Весной 41-го финны проводят серию переговоров с нацистской Германией, по итогам которых соглашаются стать частью плана «Барбаросса». Их задача — взять на себя советские войска севернее Ладожского озера и помочь захватить стратегически важный Ленинград.

С самого начала Великой Отечественной немецкая авиация использовала финские аэродромы как площадку для налетов на советскую территорию. В Москве об этом знали, и именно поэтому 25 июня Сталин принял решение атаковать финнов.

Финны на тот момент ждали подходящего момента, чтобы объяснить своему народу необходимость новой войны. И когда 25 июня советская авиация нанесла удар по финским аэродромам, где сидела авиация немецкая, финны получили повод заявить, что они находятся в состоянии войны. То есть это было не объявлением войны, а именно признанием факта, что страна уже находится в состоянии войны, потому что на нее напал большой сосед.

Финскому народу необходимость войны объясняли, напоминая результаты Зимней войны - значительные территории, отошедшие по мирному договору в пользу СССР. И финны считали, что они идут возвращать себе то, что было утрачено в ходе этой войны.

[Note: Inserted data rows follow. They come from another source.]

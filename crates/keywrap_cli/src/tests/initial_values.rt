//! Initial values, and their texts.

use crate::initial_value::{IvFault, parse_iv};
use key_wrap_core::{AgreedForm, InitialValue};

/// A value that is not the default.
pub const OTHER: [u8; 8] = *b"\x01\x23\x45\x67\x89\xAB\xCD\xEF";

/// The plain form with the other value, which is not reserved.
pub fn other() -> AgreedForm {
    AgreedForm::Plain(InitialValue::new(OTHER).unwrap_or_default())
}

#[test]
fn reads_sixteen_digits_and_nothing_else(rt: HostRuntime) {
    let no_digits = Err(IvFault::NotSixteenDigits);
    let rows = [
        ("A6A6a6a6A6A6a6a6", Ok([0xa6; 8])),
        (
            "a65959a700000010",
            Ok([0xa6, 0x59, 0x59, 0xa7, 0, 0, 0, 0x10]),
        ),
        ("a65959a600000010", Err(IvFault::Reserved)),
        ("", no_digits),
        ("0123456789abcde", no_digits),
        ("0123456789abcdef0", no_digits),
        ("0123456789abcdeg", no_digits),
        (" 0123456789abcdef", no_digits),
        ("a65959a60000001", no_digits),
        ("a65959a60000001g", no_digits),
    ];
    for (text, wanted) in rows {
        let found = parse_iv(text).map(|iv| iv.bytes());
        assert_eq!(rt; found, wanted, "{text}");
    }
}
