//! A pair other than the drill block.

ghost use Rattle.std.specs.Prelude.{refl};

use block_pair::BlockPair;

/// A pair that leaves each block as it is. A wrapping under it is its key, after the initial value
/// xored with the steps' numbers.
pub struct Unchanged;

impl BlockPair for Unchanged {
    ghost encrypted = { λ _ block. block };

    ghost decrypted = { λ _ block. block };

    fn enc(&self, b: [u8; 16]) -> [u8; 16] {
        b
    }

    fn dec(&self, b: [u8; 16]) -> [u8; 16] {
        b
    }

    ghost lawful = { λ _. record {
      encrypts = λ block is. is;
      decrypts = λ block is. is;
      undone = λ block is. refl;
      redone = λ block is. refl;
    } };
}
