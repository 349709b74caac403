//! The calls that make one step, around a cipher that is reached through a session, like a token's.

use super::rows::{KEY, PADDED_KEYS, PLAIN, spelled};
use key_wrap_core::{InPlaceFault, InitialValue};
use key_wrap_steps::*;
use std::alloc::Global;
use std::test::Fail;

const REFUSED: Result<(), InPlaceFault> = Err(InPlaceFault::BadLength);

// What the caller holds beside the registers, with a session that each block call changes. Its cipher
// is the drill block.
#[derive(Drop)]
struct Held {
    blocks: u64,
    first: [u8; 8],
    steps: u64,
    block: [u8; 16],
}

impl Held {
    // With these first 8 bytes of a wrapped key.
    fn new(first: [u8; 8]) -> Held {
        Held {
            blocks: 0,
            first,
            steps: 77,
            block: [0x5A; 16],
        }
    }

    fn call(&mut self) {
        self.blocks = self.blocks.saturating_add(1);
        self.block.rotate_left(8);
    }

    // Makes all steps of a wrapping, and ends it.
    fn wrap(&mut self, registers: &mut [u8], steps: u64) -> Result<(), InPlaceFault> {
        for _ in 0..steps {
            self.call();
            step_wrap(registers, &mut self.steps, &mut self.block)?;
        }
        end_wrap(&mut self.first, registers, self.steps, &self.block)
    }

    // Undoes all steps of an unwrapping.
    fn unwrap(&mut self, registers: &mut [u8], steps: u64) -> Result<(), InPlaceFault> {
        for _ in 0..steps {
            self.call();
            step_unwrap(registers, &mut self.steps, &mut self.block)?;
        }
        Ok(())
    }
}

// The steps over one word of registers, or two.
fn steps_of(len: usize) -> u64 {
    if len == 8 { 1 } else { 12 }
}

#[test]
fn wraps_a_plain_key_by_steps(rt: HostRuntime) -> Result<(), Fail> {
    let mut held = Held::new([0; 8]);
    let mut registers = KEY;
    let iv = InitialValue::default();
    let begun = begin_wrap(&iv, &registers, &mut held.steps, &mut held.block);
    assert!(rt; begun == Ok(()) && held.steps == 0 && registers == KEY);
    assert!(rt; held.wrap(&mut registers, 11) == REFUSED && held.first == [0; 8]);
    assert!(rt; held.wrap(&mut registers, 1) == Ok(()) && held.blocks == 12);
    let want = spelled(rt.alloc(), &PLAIN)?;
    assert!(rt; want.starts_with(&held.first) && want.ends_with(&registers));
    Ok(())
}

#[test]
fn wraps_padded_keys_by_steps(rt: HostRuntime) -> Result<(), Fail> {
    for (key, words) in PADDED_KEYS {
        let want = spelled(rt.alloc(), words)?;
        let mut registers = vec![in rt.alloc(); 0xEE; want.len().saturating_sub(8)]?;
        let m = key.len();
        for (to, from) in registers.iter_mut().zip(key) {
            *to = *from;
        }
        let mut held = Held::new([0; 8]);
        let begun = begin_wrap_padded(m, &mut registers, &mut held.steps, &mut held.block);
        let steps = steps_of(registers.len());
        assert!(rt;
            begun == Ok(()) && held.wrap(&mut registers, steps) == Ok(()),
            "{m} bytes"
        );
        assert!(rt;
            want.starts_with(&held.first) && want.ends_with(&registers),
            "{m} bytes"
        );
        assert!(rt; held.blocks == steps, "{m} bytes");
    }
    Ok(())
}

#[test]
fn unwraps_a_plain_key_by_steps(rt: HostRuntime) -> Result<(), Fail> {
    for (words, is_key) in [(PLAIN, true), ([0; 3], false)] {
        let [first, ..] = words;
        let text = spelled(rt.alloc(), &words)?;
        let mut registers = [0; 16];
        for (to, from) in registers.iter_mut().zip(text.iter().skip(8)) {
            *to = *from;
        }
        let mut held = Held::new(first.to_be_bytes());
        let iv = InitialValue::default();
        let begun = begin_unwrap(&held.first, &registers, &mut held.steps, &mut held.block);
        assert!(rt; begun == Ok(()) && held.steps == 12);
        assert!(rt; held.unwrap(&mut registers, 11) == Ok(()));
        assert!(rt; end_unwrap(&iv, &mut registers, held.steps, &mut held.block) == REFUSED);
        assert!(rt; held.unwrap(&mut registers, 1) == Ok(()) && held.steps == 0);
        assert!(rt; held.unwrap(&mut registers, 1) == REFUSED);
        held.call();
        let ended = end_unwrap(&iv, &mut registers, held.steps, &mut held.block);
        let want = if is_key {
            Ok(())
        } else {
            Err(InPlaceFault::Integrity)
        };
        let left = if is_key { KEY } else { [0; 16] };
        assert!(rt; ended == want && registers == left && held.block == [0; 16]);
    }
    Ok(())
}

// Unwraps padded words by steps. Returns the result, the registers, and what the caller holds.
fn unwrap_padded(
    alloc: Global,
    words: &[u64],
) -> Result<(Result<usize, InPlaceFault>, Vec<u8>, Held), Fail> {
    let (first, mut registers) = match words {
        [first, rest @ ..] => (first.to_be_bytes(), spelled(alloc, rest)?),
        [] => ([0; 8], spelled(alloc, &[])?),
    };
    let steps = steps_of(registers.len());
    let mut held = Held::new(first);
    begin_unwrap_padded(&held.first, &registers, &mut held.steps, &mut held.block)?;
    held.unwrap(&mut registers, steps)?;
    let ended = end_unwrap_padded(&mut registers, held.steps, &mut held.block);
    Ok((ended, registers, held))
}

#[test]
fn unwraps_padded_keys_by_steps(rt: HostRuntime) -> Result<(), Fail> {
    for (key, words) in PADDED_KEYS {
        let (ended, registers, held) = unwrap_padded(rt.alloc(), words)?;
        let (m, steps) = (key.len(), steps_of(registers.len()));
        assert!(rt; ended == Ok(m) && registers.starts_with(key), "{m} bytes");
        assert!(rt;
            registers.iter().skip(m).all(|byte| *byte == 0),
            "{m} bytes"
        );
        assert!(rt; held.blocks == steps && held.block == [0; 16], "{m} bytes");
    }
    Ok(())
}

Момент для наступления финские власти выбрали дипломатически верно. Подожди СССР еще немного, финны сами бы начали атаковать - нападение было назначено на 1 июля. Но Москве не хватило терпения: решили взять на себя инициативу. Это было не совсем правильно и с военной, и с политической точки зрения - финны смогли представить себя как жертву нападения. На мой взгляд, это был серьезный промах советского руководства.

Военные действия на Карельском фронте (тогда его еще не выделили из фронта Северного) начались 1 июля: в тот день финские войска пересекли советскую границу. Противник вел наступление по нескольким направлениям — на севере (Кестеньга, Реболы) и юге республики. Главнокомандующий финской армией Карл Маннергейм официально заявлял, что цель «освободительного похода» — отвоевание территорий, отошедших к Советам по итогам Зимней войны.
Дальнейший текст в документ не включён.